SHIELD-2 Trial

Acronym: Efficacy and Safety Study of Azimilide on the Incidence of CV Hospitalizations/ED Visits or CV Death in Patients with an ICD

Purpose: Assessment of effect of azimilide on cardiovascular death or hospitalization in patients with an implantable cardioverter defibrillator and reduced left ventricular ejection fraction

Format: Prospective, randomized, double-blind, placebo-controlled

Treatment Group: Azimilide 75 mg daily

Control Group: Placebo

Number of Participants: 240

Centers: 138

Primary Outcome(s):

  • Adjudicated time to first unplanned cardiovascular hospitalization
  • Cardiovascular emergency department visit
  • Cardiovascular death

Summary: The study was prematurely discontinued due to withdrawal of sponsorship.

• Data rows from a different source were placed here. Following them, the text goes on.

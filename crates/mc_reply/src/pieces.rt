//! Pieces of text, put behind one another.
ghost use Rattle.std.specs.Prelude.{◌≡◌, ◌++◌, length, take, OnOk, OnErr};
ghost use Rattle.std.specs.List.{flat_map};

use mc_item::Bytes;
use std::alloc::AllocError;

/// The end of a line.
pub(crate) const CRLF: &[u8] = b"\r\n";

/// Puts pieces behind the bytes, in their order. After an `Err` the old bytes stand in front of
/// what was put behind them by then.
pub(crate) fn extend_all(out: &mut Bytes, pieces: &[&[u8]]) -> Result<(), AllocError>
    ensures ok { OnOk result (out.new ≡ out.old ++ flat_map (λ piece. piece.now) pieces.now) }
    ensures err { OnErr result (take (length out.old) out.new ≡ out.old) }
{
    for piece in pieces {
        out.extend(piece)?;
    }
    Ok(())
}
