//! One item of the reply to a `get` or `gat`.
ghost use Rattle.std.specs.Prelude.{◌≡◌, ◌++◌, length, take, OnOk, OnErr};
ghost use Rattle.mc_model.specs.Rendering.{cas_bytes, item_bytes};

use crate::pieces::{CRLF, extend_all};
use itoa::Buffer;
use mc_item::Bytes;
use mc_model::ShownItem;
use std::alloc::AllocError;

#[tactic(auto, unfolding(mc_model::specs::Rendering::cas_bytes))]
fn append_cas(cas: u64, with_cas: bool, out: &mut Bytes) -> Result<(), AllocError>
    ensures ok { OnOk result (out.new ≡ out.old ++ cas_bytes with_cas cas) }
    ensures err { OnErr result (take (length out.old) out.new ≡ out.old) }
{
    if !with_cas {
        return Ok(());
    }
    extend_all(out, &[b" ", Buffer::new().format(cas).as_bytes()])
}

/// Puts an item behind the bytes: its line, which has the cas number where `with_cas` is true, and
/// its value. After an `Err` the old bytes stand in front of what was put behind them by then.
#[tactic(auto, unfolding(mc_model::specs::Rendering::item_bytes))]
pub(crate) fn append_item(
    item: &ShownItem,
    with_cas: bool,
    out: &mut Bytes,
) -> Result<(), AllocError>
    ensures ok { OnOk result (out.new ≡ out.old ++ item_bytes with_cas item.now) }
    ensures err { OnErr result (take (length out.old) out.new ≡ out.old) }
{
    extend_all(
        out,
        &[
            b"VALUE ",
            item.key.get(),
            b" ",
            Buffer::new().format(item.flags).as_bytes(),
            b" ",
            Buffer::new().format(item.value.len()).as_bytes(),
        ],
    )?;
    append_cas(item.cas, with_cas, out)?;
    extend_all(out, &[CRLF, item.value.get(), CRLF])
}
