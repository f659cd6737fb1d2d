//! What a reply says to a client, and the bytes that show it, in memcached's words (`protocol.txt`).
#![tactic(auto)]

mod item;
mod pieces;
mod rendering;
mod said;
mod saying;
mod size;

pub use mc_model::{Said, Shown, ShownItem, ShownItems};
pub use rendering::render;
pub use saying::{
    change_shows, delete_says, fault_shows, flush_says, lacks_memory, line_unless, stats_shows,
    store_says, touch_says,
};
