ghost use Rattle.std.specs.Prelude.{◌≡◌};
ghost use Rattle.clap.specs.Words.{kind_of};
ghost use Rattle.serve_options.specs.declared.refusal.OptionsRefused.TheVariants as OptionsRefused;

use clap::error::ErrorKind;
use grid_base::Memory;
use thiserror::Error;

/// Why words aren't options.
#[derive(Clone, Copy, Debug, PartialEq, Eq, Error)]
pub enum OptionsRefused {
    /// They ask for help before anything in them is wrong.
    #[error("help was asked for")]
    Help,
    #[error("a word is no option, or an option has no value, a wrong one, or stands twice")]
    Usage,
    #[error("out of memory")]
    Memory,
}

impl From<Memory> for OptionsRefused {
    ghost from_gives = { λ _ why. why ≡ OptionsRefused.Memory };

    fn from(_: Memory) -> OptionsRefused {
        OptionsRefused::Memory
    }
}

impl From<clap::Error> for OptionsRefused {
    ghost use Rattle.serve_options.specs.Options.{refused_for};

    ghost from_gives = { λ error why. why ≡ refused_for (kind_of error) };

    fn from(error: clap::Error) -> OptionsRefused {
        match error.kind() {
            ErrorKind::DisplayHelp => OptionsRefused::Help,
            ErrorKind::OutOfMemory => OptionsRefused::Memory,
            _ => OptionsRefused::Usage,
        }
    }
}
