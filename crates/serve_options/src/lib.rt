//! The words of `grid serve`: how a server is set up.
//!
//! | Option | From | To | Default | What it sets |
//! |---|---|---|---|---|
//! | `--members` | 1 | 8 | 3 | how many members the grid has |
//! | `--backups` | 0 | 6 | 1 | how many backups a partition has at most |
//! | `--capacity` | 0 | 2,147,483,647 | 1000 | how many values a queue may have |
//! | `--port` | 1 | 65,528 | 5701 | the port of member 0; member m listens at this port plus m |
//! | `--stay` | | | | the server goes on once its control script has ended |
//!
//! Each may stand once, in any order. A number is decimal, maybe with leading zeros, and stands as `--port 80` or
//! `--port=80`. `-h` and `--help` ask for help.
#![tactic(auto)]

mod command;
mod options;
mod refusal;

pub use command::help_of_serve;
pub use options::{ServeOptions, read_options, why_refused};
pub use refusal::OptionsRefused;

The azimilide group had numerical but not statistically significant reductions in the primary outcome of time to first unplanned cardiovascular hospitalization, cardiovascular emergency department visit or cardiovascular death (OR = 0.79; 95% CI, 0.44-1.44), unplanned cardiovascular hospitalization (OR = 0.75; 95% CI, 0.41-1.38), emergency department visits (OR = 0.68; 95% CI, 0.35-1.31) and all-cause shocks (OR = 0.58; 95% CI, 0.32-1.05). There were fewer adverse events in the azimilide group.

Original Publication:

Robinson VM, et al. Am Heart J. 2017;doi:10.1016/j.ahj.2016.10.025.